Once the .cal file is ready... it will be available for download on the Downloads page.


----------



## brucek

> In the meantime you can use the CM-140 as is and be fairly close.


By checking the C-Weight box in REW of course....... 

brucek


----------



## Ilkka

brucek said:


> By checking the C-Weight box in REW of course.......
> 
> brucek


Well actually...it was ~7 dB high @ 10 Hz with the C-weighting checked, and ~7 dB low without it. Pick your poison. :surrender:


----------



## Sonnie

You could use the ECM8000 .cal file with no C-Weighting and be almost there.

ecm8000.cal


----------



## Ilkka

Sonnie said:


> You could use the ECM8000 .cal file with no C-Weighting and be almost there.
> 
> ecm8000.cal


True. Assuming your current calibration for the ECM8k is accurate, you'd be less than 2 dB off @ 10 Hz which is more than enough accurate for most in-room measurements.


----------



## Sonnie

> Assuming your current calibration for the ECM8k is accurate


Yeah... I hope it is because we've been using it for quite a while to calibrate against. I think Kim does a good job from what I've been told... and if you remember yours and my mic are almost spot on. But we will know for sure here pretty soon... either way.


----------



## Ilkka

Sonnie said:


> Yeah... I hope it is because we've been using it for quite a while to calibrate against. I think Kim does a good job from what I've been told...

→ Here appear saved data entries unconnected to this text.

//! The plan of a file whose movie box is moved.

ghost use Rattle.std.specs.Prelude.{◌≡◌, ◌-◌, ◌≤◌, ◌++◌, ℕ, List, length, take, drop, IfOk, IfSome, IsTrue, OnOk};
ghost use Rattle.mp4_remux_files.specs.FastStarts.{AreMoveOf, PlansMove, movie_of};
ghost use Rattle.mp4_remux_files.specs.Moved.{AddsPart, AreMove};
ghost use Rattle.mp4_remux.specs.Pieces.{bytes_of, spelled};
ghost use Rattle.mp4_remux.specs.Splices.{spliced};
ghost use Rattle.mp4_walk.specs.FileBoxes.{boxes_of};
ghost use Rattle.mp4_walk.specs.Source.{IsWindow, piece};

use crate::movement::Move;
use crate::patches::{add_splice, followed};
use crate::place::list_boxes;
use crate::rebuild::moved_movie;
use crate::refusal::Stop;
use mp4_io::Failure;
use mp4_remux::edits::Splice;
use mp4_remux::pieces::{Piece, Plan, PlanError};
use mp4_walk::{BoxWalk, Source, TreeBox};
use std::alloc::{AllocError, Global};

/// The number of bytes of two movie boxes that are compared at once.
const PART: usize = 65_536;

/// Adds `piece` to `plan`.
fn push(plan: &mut Plan, piece: Piece) -> Result<(), Stop>
    ensures { OnOk result ((B : List ℕ) → spelled B plan.new ≡ spelled B plan.old ++ bytes_of B piece) }
{
    match plan.push(piece) {
        Ok(()) => Ok(()),
        Err(PlanError::TooLong) => Err(Stop::Failed(Failure::Read)),
        Err(PlanError::Memory) => Err(Stop::Failed(Failure::Memory)),
    }
}

/// Plans a copy of a file of length `size`.
pub fn plan_copy(alloc: Global, size: u64) -> Result<Plan, Stop>
    ensures { IfOk result (λ plan. (B : List ℕ) → size ≡ length B → spelled B plan ≡ B) }
{
    let mut plan = Plan::new(alloc);
    push(
        &mut plan,
        Piece::Old {
            begin: 0,
            end: size,
        },
    )?;
    Ok(plan)
}

/// Returns whether the bytes of `made` from `at` to `to` are those of `movie` at the same indexes.
fn is_same(movie: &[u8], made: &[u8], at: usize, to: usize) -> bool
    requires order { at ≤ to }
    requires within { to ≤ length made.now }
    ensures within { IsTrue result → to ≤ length movie.now }
    ensures same { IsTrue result → take (to - at) (drop at movie.now) ≡ take (to - at) (drop at made.now) }
{
    to <= movie.len() && movie[at..to] == made[at..to]
}

/// Adds the bytes of `made` from `at` to `to`. They are a range of the old file if the movie box `movie`, which begins
/// there at `begin`, has the same bytes at the same indexes, and else new bytes.
fn push_part(
    alloc: Global,
    plan: &mut Plan,
    begin: u64,
    movie: &[u8],
    made: &[u8],
    at: usize,
    to: usize,
) -> Result<(), Stop>
    requires order { at ≤ to }
    requires within { to ≤ length made.now }
    ensures { OnOk result (AddsPart begin movie.now made.now at to plan.old plan.new) }
{
    if is_same(movie, made, at, to) && to as u64 <= u64::MAX - begin {
        return push(
            plan,
            Piece::Old {
                begin: begin + at as u64,
                end: begin + to as u64,
            },
        );
    }
    let bytes = Vec::from_slice(alloc, &made[at..to])?;
    push(plan, Piece::New(bytes))
}

/// Adds the bytes of `made`, the new movie box. Parts of it that the old movie box `movie` has at the same indexes are
/// ranges of the old file, in which that begins at `begin`. So the plan takes memory for the other parts only.
fn push_movie(
    alloc: Global,
    plan: &mut Plan,
    begin: u64,
    movie: &[u8],
    made: &[u8],
) -> Result<(), Stop>
    ensures { OnOk result ((B : List ℕ) → IsWindow B begin movie.now
        → spelled B plan.new ≡ spelled B plan.old ++ made.now) }
{
    let mut at: usize = 0;
    while at < made.len() {
        let to = at + (made.len() - at).min(PART);
        match push_part(alloc, plan, begin, movie, made, at, to) {
            Ok(()) => at = to,
            Err(stop) => return Err(stop),
        }
    }
    Ok(())
}

/// Adds the bytes of the old file from position `at` up to `splice`, and then its bytes. Parts of these that the old
/// movie box `movie`, which begins at `begin`, has at the same indexes are ranges of the old file.
fn push_splice(
    alloc: Global,
    plan: &mut Plan,
    begin: u64,
    movie: &[u8],
    at: u64,
    splice: &Splice,
) -> Result<(), Stop>
    ensures { OnOk result ((B : List ℕ) → IsWindow B begin movie.now → spelled B plan.new
        ≡ spelled B plan.old ++ piece B at (splice.now.begin - at) ++ splice.now.bytes.items) }
{
    push(
        plan,
        Piece::Old {
            begin: at,
            end: splice.begin,
        },
    )?;
    push_movie(alloc, plan, begin, movie, splice.bytes.as_slice())?;
    Ok(())
}

/// Plans a file of length `size` after `splices`. Its movie box is `movie`, and begins at `begin`.
fn plan_parts(
    alloc: Global,
    size: u64,
    begin: u64,
    movie: &[u8],
    splices: Vec<Splice>,
) -> Result<Plan, Stop>
    ensures { IfOk result (λ plan. (B : List ℕ) → size ≡ length B → IsWindow B begin movie.now
        → spelled B plan ≡ spliced B splices.items) }
{
    let mut plan = Plan::new(alloc);
    let mut at: u64 = 0;
    for splice in splices {
        match push_splice(alloc, &mut plan, begin, movie, at, &splice) {
            Ok(()) => at = splice.end,
            Err(stop) => return Err(stop),
        }
    }
    push(
        &mut plan,
        Piece::Old {
            begin: at,
            end: size,
        },
    )?;
    Ok(plan)
}

/// Returns the splices of the move of a movie box, which is `made` at its new place.
fn move_splices(alloc: Global, shift: Move, made: Vec<u8>) -> Result<Vec<Splice>, AllocError>
    ensures { IfOk result (λ ss. AreMove shift made.items ss.items) }
{
    let put = Splice {
        depth: 0,
        begin: shift.insert,
        end: shift.insert,
        bytes: made,
    };
    let taken = Splice {
        depth: 0,
        begin: shift.begin,
        end: shift.end,
        bytes: Vec::new(alloc),
    };
    let mut splices = Vec::new(alloc);
    add_splice(&mut splices, put)?;
    add_splice(&mut splices, taken)?;
    Ok(splices)
}

/// Returns the movie box of a source.
fn movie_of<S: Source>(alloc: Global, source: &mut S, shift: Move) -> Result<Vec<u8>, Stop>
    ensures bytes { IfOk result (λ bytes. IfSome (S.all source.old) (λ B. bytes.items ≡ movie_of shift B)) }
    ensures window { IfOk result (λ bytes. IfSome (S.all source.old) (λ B. IsWindow B shift.begin bytes.items)) }
    ensures keeps { S.all source.new ≡ S.all source.old }
{
    let mut bytes = Vec::new(alloc);
    bytes.resize(shift.end.saturating_sub(shift.begin) as usize, 0)?;
    source.read_at(shift.begin, &mut bytes)?;
    Ok(bytes)
}

/// Returns the splices that move the movie box `movie` of a file, and those that set the fields of other boxes.
fn splices_of<S: Source>(
    alloc: Global,
    walk: &mut BoxWalk<S>,
    boxes: &[TreeBox],
    movie: &[u8],
    shift: Move,
) -> Result<Vec<Splice>, Stop>
    ensures moves { IfSome walk.old.bytes (λ B. boxes.now ≡ boxes_of B → movie.now ≡ movie_of shift B
        → IfOk result (λ all. AreMoveOf B shift all.items)) }
    ensures walk { walk.new ≡ walk.old }
{
    let made = moved_movie(alloc, movie, shift)?;
    let splices = move_splices(alloc, shift, made)?;
    let all = followed(alloc, walk, boxes, splices)?;
    Ok(all)
}

/// Returns the source with its splices.
fn all_splices<S: Source>(
    alloc: Global,
    source: S,
    movie: &[u8],
    shift: Move,
) -> Result<(S, Vec<Splice>), Stop>
    ensures source { IfOk result (λ r. S.all r.0 ≡ S.all source) }
    ensures moves { IfOk result (λ r. IfSome (S.all source)
        (λ B. movie.now ≡ movie_of shift B → AreMoveOf B shift r.1.items)) }
{
    let (mut walk, boxes) = list_boxes(alloc, source)?;
    let all = splices_of(alloc, &mut walk, &boxes, movie, shift)?;
    Ok((walk.into_source(), all))
}

/// Plans a source of length `size` with its movie box moved.
pub fn plan_move<S: Source>(
    alloc: Global,
    source: S,
    size: u64,
    shift: Move,
) -> Result<(S, Plan), Stop>
    ensures plan { IfOk result (λ r. IfSome (S.all source) (λ B. size ≡ length B → PlansMove B shift r.1)) }
    ensures source { IfOk result (λ r. S.all r.0 ≡ S.all source) }
{
    let mut source = source;
    let movie = movie_of(alloc, &mut source, shift)?;
    let (source, all) = all_splices(alloc, source, movie.as_slice(), shift)?;
    let plan = plan_parts(alloc, size, shift.begin, movie.as_slice(), all)?;
    Ok((source, plan))
}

I don't doubt that at all. 



> and if you remember yours and my mic are almost spot on. But we will know for sure here pretty soon... either way.


My mic? I've never had an ECM8000. My mic is recommended by the ETF Acoustics and it's only ~0.6 dB off at 10 Hz without a calibration file. :bigsmile:


----------



## Sonnie

Exactly... but when we both provided calibration files for one of the RS meters a while back... you might remember we were spot on, except at one frequency I believe. This would indicate that mine must be pretty accurate.


----------



## Geoff Gunnell

Thanks for taking your time and money to re-reference your mic to a physical standard before calibrating others' equipment from it, Sonnie. It's the right thing to do. It's also kind of an honor, I think, to transfer a standard of measurement. We know in advance that we cannot get it exactly right, but we have the courage to try anyway


----------



## tweakophyte

Hi-

Yes, thanks for spending the extra bucks to make sure your mic is "perfect" so _our_ mics will be.  I'm glad I got in on the buy. It's laying the groundwork for my next investment into my HT, too.


----------



## Sonnie

It is my honor to do so... I want nothing less than as good as I can provide for everyone... :T


----------



## Eric_RP

Sonnie said:


> Secondly and most assuredly something that will excite several of you... my ECM8000 is going to be calibrated down to at least 5Hz. Once it is returned, I will hopefully be able to provide you with a calibration file to 5Hz or lower for the CM-140.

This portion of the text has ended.